Балша от этого видения, вскрикнул, словно старик наяву стоял перед ним! Но внутренний голос разума, вдруг громко прокричал ему прямо в лицо, - «Смерть! Смерть тебе лютая за всё Балша!» Балша с выпученными от страха глазами, осмотрелся, словно выискивал рядом старика. Волки крутились уже так близко, что, вот – вот, и набросятся на него. Он представил, как они врезаются в его тело клыками, рвут его шубу, кровь заливает снег! И это уже не минуемо, это уже скоро! Балша не понимая, что он делает, упал на колени, обливая горячими слезами, замёрзшее лицо, и громко, хрипло завыл! Так протяжно и так горько и жалобно, что ему самому стало ещё страшней!
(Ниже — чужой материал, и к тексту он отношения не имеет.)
//! Under the rows of a band what is counted at each of its columns.

ghost use Rattle.std.specs.Prelude.{◌≡◌, ◌≤◌, ◌<◌, ◌^◌, ◌++◌, [], if◌then◌else◌, IfOk, OnOk, length, max, slice_get, slice_index_or};
ghost use Rattle.std.specs.{Fmt.decimal, List.range_with_len};
ghost use Rattle.chart_columns.specs.Tables.{head, last};
ghost use Rattle.std.specs.Io.KnownBytes.{Appends};
ghost use Rattle.chart_rows.specs.Views.{draws_hart};
ghost use Rattle.charts.specs.Drawings.{drawing_of};
ghost use Rattle.charts.specs.Text.{name_width, places};
ghost use Rattle.charts.specs.Counted.{
  blanks_behind,
  chosen_over,
  chosen_text,
  count_of,
  counted_text,
  counter_line,
  counter_text,
  counters_at,
  digit_text,
  digits_over,
  height_over,
  icounts_over,
  in_flight_over,
  name_in,
  name_of,
  number_in,
  number_text,
  places_between,
};

use crate::label::{Widths, write_spaces};
use crate::text::TextChart;
use arrayvec::ArrayString;
use chart_counters::Counters;
use chart_rows::Band;
use events::Event;
use std::io;
use std::io::Write;
use text_fields::{push_decimal, push_hex};

/// What is counted.
#[derive(Clone, Copy, Drop)]
enum Counter {
    Icount(u8),
    Chosen,
    Alu,
    Mul,
    Mem,
    InFlight(u8),
    Free,
}

/// Writes what is counted at the columns of a band, where it is wanted: of each hart that is drawn its ICOUNT, which
/// hart was chosen, how full the queue is, of each hart what is in flight, and how many registers are free.
#[tactic(auto, unfolding(crate::specs::Counted::counted_text))]
pub(crate) fn write_counters<W: Write>(
    chart: &TextChart<'_>,
    band: &Band,
    widths: &Widths,
    out: &mut W,
) -> io::Result<()>
    ensures { OnOk result (Appends (W.contents out.old) (W.contents out.new) (counted_text (drawing_of chart.now)
        (name_width widths.now) (places band.now.from band.now.to))) }
{
    if chart.counters.is_empty() {
        return out.write_all(b"");
    }
    let indent = indent_of(widths);
    write_icounts(chart, band, indent, out)?;
    write_counter(chart, Counter::Chosen, band, indent, out)?;
    write_counter(chart, Counter::Alu, band, indent, out)?;
    write_counter(chart, Counter::Mul, band, indent, out)?;
    write_counter(chart, Counter::Mem, band, indent, out)?;
    write_in_flight(chart, band, indent, out)?;
    write_counter(chart, Counter::Free, band, indent, out)
}

/// How many places stand before the first column.
fn indent_of(widths: &Widths) -> usize
    ensures value { result ≡ name_width widths.now }
    ensures few { result < 2 ^ 40 }
{
    same_widths(widths).name()
}

/// The same widths: as a result, each of them is known to be in its range.
fn same_widths(widths: &Widths) -> Widths
    ensures { result ≡ widths.now }
{
    *widths
}

/// ICOUNT of each hart that is drawn.
fn write_icounts<W: Write>(
    chart: &TextChart<'_>,
    band: &Band,
    indent: usize,
    out: &mut W,
) -> io::Result<()>
    requires { indent < 2 ^ 40 }
    ensures { OnOk result (Appends (W.contents out.old) (W.contents out.new) (icounts_over (drawing_of chart.now) indent
        (places band.now.from band.now.to) (range_with_len 0 chart.now.harts))) }
{
    for hart in 0..chart.harts {
        write_hart(chart, Counter::Icount(hart), hart, band, indent, out)?;
    }
    Ok(())
}

/// What is in flight of each hart that is drawn.
fn write_in_flight<W: Write>(
    chart: &TextChart<'_>,
    band: &Band,
    indent: usize,
    out: &mut W,
) -> io::Result<()>
    requires { indent < 2 ^ 40 }
    ensures { OnOk result (Appends (W.contents out.old) (W.contents out.new) (in_flight_over (drawing_of chart.now) indent
        (places band.now.from band.now.to) (range_with_len 0 chart.now.harts))) }
{
    for hart in 0..chart.harts {
        write_hart(chart, Counter::InFlight(hart), hart, band, indent, out)?;
    }
    Ok(())
}

/// Writes the lines of a counter of a hart, where that is drawn.
fn write_hart<W: Write>(
    chart: &TextChart<'_>,
    counter: Counter,
    hart: u8,
    band: &Band,
    indent: usize,
    out: &mut W,
) -> io::Result<()>
    requires { indent < 2 ^ 40 }
    ensures { OnOk result (Appends (W.contents out.old) (W.contents out.new) (if draws_hart chart.now.view.hart hart
        then counter_text (drawing_of chart.now) indent (places band.now.from band.now.to) counter else [])) }
{
    if draws_hart(chart.view.hart, hart) {
        return write_counter(chart, counter, band, indent, out);
    }
    out.write_all(b"")
}

/// Whether a hart is drawn, where this is the one that is, or all are.
fn draws_hart(one: Option<u8>, hart: u8) -> bool
    ensures { result ≡ draws_hart one hart }
{
    match one {
        Some(one) => one == hart,
        None => true,
    }
}

/// Writes the lines of a counter in a band: as many as its greatest number there has digits.
#[tactic(auto, unfolding(crate::specs::Counted::counter_text))]
fn write_counter<W: Write>(
    chart: &TextChart<'_>,
    counter: Counter,
    band: &Band,
    indent: usize,
    out: &mut W,
) -> io::Result<()>
    requires { indent < 2 ^ 40 }
    ensures { OnOk result (Appends (W.contents out.old) (W.contents out.new)
        (counter_text (drawing_of chart.now) indent (places band.now.from band.now.to) counter)) }
{
    let tall = height_of(chart, counter, band);
    for line in 0..tall {
        write_counter_line(chart, counter, band, tall - line, indent, out)?;
    }
    Ok(())
}

/// How many digits the greatest number of a counter in a band has; 1 where there is none.
fn height_of(chart: &TextChart<'_>, counter: Counter, band: &Band) -> usize
    ensures { result ≡ height_over (drawing_of chart.now) counter 1 (places band.now.from band.now.to) }
{
    let mut tall = 1;
    for column in band.from..=band.to {
        let number = number_in(chart, counter, column);
        tall = greater(tall, number.len());
    }
    tall
}

fn greater(one: usize, other: usize) -> usize
    ensures { result ≡ max one other }
{
    one.max(other)
}

/// Writes a line of a counter, with so many digits left; the last of them has its name.
#[tactic(auto, unfolding(crate::specs::Counted::counter_line))]
fn write_counter_line<W: Write>(
    chart: &TextChart<'_>,
    counter: Counter,
    band: &Band,
    left: usize,
    indent: usize,
    out: &mut W,
) -> io::Result<()>
    requires some { 1 ≤ left }
    requires few { indent < 2 ^ 40 }
    ensures { OnOk result (Appends (W.contents out.old) (W.contents out.new)
        (counter_line (drawing_of chart.now) counter indent (places band.now.from band.now.to) left)) }
{
    let name = name_in(counter, left);
    out.write_all(name.as_bytes())?;
    let blanks = indent.saturating_sub(name.len());
    write_digits(chart, counter, band, left, blanks, out)?;
    out.write_all(b"\n")
}

fn name_in(counter: Counter, left: usize) -> ArrayString<16>
    ensures { result.bytes ≡ name_in counter left }
{
    if left == 1 {
        return name_of(counter);
    }
    ArrayString::new()
}

/// Writes of each number of a counter in a band the digit from which so many are left, behind so many blanks.
fn write_digits<W: Write>(
    chart: &TextChart<'_>,
    counter: Counter,
    band: &Band,
    left: usize,
    blanks: usize,
    out: &mut W,
) -> io::Result<()>
    requires some { 1 ≤ left }
    requires few { blanks < 2 ^ 40 }
    ensures { OnOk result (Appends (W.contents out.old) (W.contents out.new)
        (digits_over (drawing_of chart.now) counter left blanks (places band.now.from band.now.to))) }
{
    let mut due = blanks;
    for column in band.from..=band.to {
        let number = number_in(chart, counter, column);
        due = write_digit(number.as_bytes(), left, due, out)?;
    }
    Ok(())
}

/// Writes the digit of a number from which so many are left, behind so many blanks, where it has so many. Answers how
/// many blanks are due then.
fn write_digit<W: Write>(
    number: &[u8],
    left: usize,
    blanks: usize,
    out: &mut W,
) -> io::Result<usize>
    requires some { 1 ≤ left }
    requires few { blanks < 2 ^ 41 }
    ensures { IfOk result (λ due. (due ≡ blanks_behind left blanks number.now)
        × Appends (W.contents out.old) (W.contents out.new) (digit_text left blanks number.now)) }
{
    if number.len() < left {
        return Ok(blanks + 1);
    }
    write_spaces(blanks, out)?;
    let digit = number[number.len() - left];
    out.write_all(&[digit])?;
    Ok(0)
}

fn name_of(counter: Counter) -> ArrayString<16>
    ensures { result.bytes ≡ name_of counter }
{
    match counter {
        Counter::Icount(hart) => hart_name("ICOUNT ", hart),
        Counter::Chosen => name("chosen"),
        Counter::Alu => name("queue alu"),
        Counter::Mul => name("queue mul"),
        Counter::Mem => name("queue mem"),
        Counter::InFlight(hart) => hart_name("in flight ", hart),
        Counter::Free => name("free"),
    }
}

fn name(words: &str) -> ArrayString<16>
    requires { length words.now ≤ 10 }
    ensures { result.bytes ≡ words.now }
{
    let mut name = ArrayString::new();
    name.push_str(words);
    name
}

fn hart_name(words: &str, hart: u8) -> ArrayString<16>
    requires { length words.now ≤ 10 }
    ensures { result.bytes ≡ words.now ++ decimal hart }
{
    let mut name = name(words);
    push_decimal(&mut name, hart);
    name
}

/// The number of a counter in a column: behind its last event; of the hart that was chosen a hexadecimal digit, where
/// one was.
#[tactic(auto, unfolding(crate::specs::Counted::number_in))]
fn number_in(chart: &TextChart<'_>, counter: Counter, column: u32) -> ArrayString<10>
    ensures { result.bytes ≡ number_in (drawing_of chart.now) counter column }
{
    if let Counter::Chosen = counter {
        return chosen_in(chart, column);
    }
    number_of(counter, counters_at(chart, chart.columns.last(column)))
}

/// What is counted behind the event at a place, where it is known.
fn counters_at(chart: &TextChart<'_>, place: u32) -> Option<Counters>
    ensures { result ≡ counters_at (drawing_of chart.now) place }
{
    let first = chart.columns.head(chart.view.from);
    if place < first {
        return None;
    }
    chart.counters.get((place - first) as usize).copied()
}

fn number_of(counter: Counter, counters: Option<Counters>) -> ArrayString<10>
    ensures { result.bytes ≡ number_text counter counters }
{
    let mut text = ArrayString::new();
    if let Some(counters) = counters {
        push_decimal(&mut text, count_of(counter, &counters));
    }
    text
}

fn count_of(counter: Counter, counters: &Counters) -> u32
    ensures { result ≡ count_of counter counters.now }
{
    match counter {
        Counter::Icount(hart) => number_at(&counters.icount, hart),
        Counter::Chosen => 0,
        Counter::Alu => counters.queue.alu,
        Counter::Mul => counters.queue.mul,
        Counter::Mem => counters.queue.mem,
        Counter::InFlight(hart) => number_at(&counters.in_flight, hart),
        Counter::Free => counters.free,
    }
}

fn number_at(numbers: &[u32], hart: u8) -> u32
    ensures { result ≡ slice_index_or numbers.now hart 0 }
{
    match numbers.get(usize::from(hart)) {
        Some(number) => *number,
        None => 0,
    }
}

/// The hart that was fetched last in a column, as a hexadecimal digit, where one was.
fn chosen_in(chart: &TextChart<'_>, column: u32) -> ArrayString<10>
    ensures { result.bytes ≡ chosen_over chart.now.events.now []
        (places_between (head chart.now.columns.now column) (last chart.now.columns.now column)) }
{
    let mut text = ArrayString::new();
    let from = chart.columns.head(column);
    let to = chart.columns.last(column);
    for place in from..=to {
        text = chosen_by(text, chart.events, place);
    }
    text
}

/// The hart that the event at a place fetches, as a hexadecimal digit; where it fetches none, what there was before.
fn chosen_by(before: ArrayString<10>, events: &[Event], place: u32) -> ArrayString<10>
    ensures { result.bytes ≡ chosen_text before.bytes (slice_get events.now place) }
{
    if let Some(Event::Fetch { hart, .. }) = events.get(place as usize) {
        let mut text = ArrayString::new();
        push_hex(&mut text, u32::from(*hart), 1);
        return text;
    }
    before
}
Он вытягивал шею к небу, словно боялся, что оно его не услышит!
Только когда голос совсем осип, и уже все силы покинули Балшу, он заметил, уже светало. Вокруг остывших головешек от костров, никого не было. За лесом виднелось замёрзшее озеро. Он узнал это озеро, ведь сразу за ним - его дом…От бессилья он повалился на, утоптанный, за - самую страшную и самую длинную ночь, снег.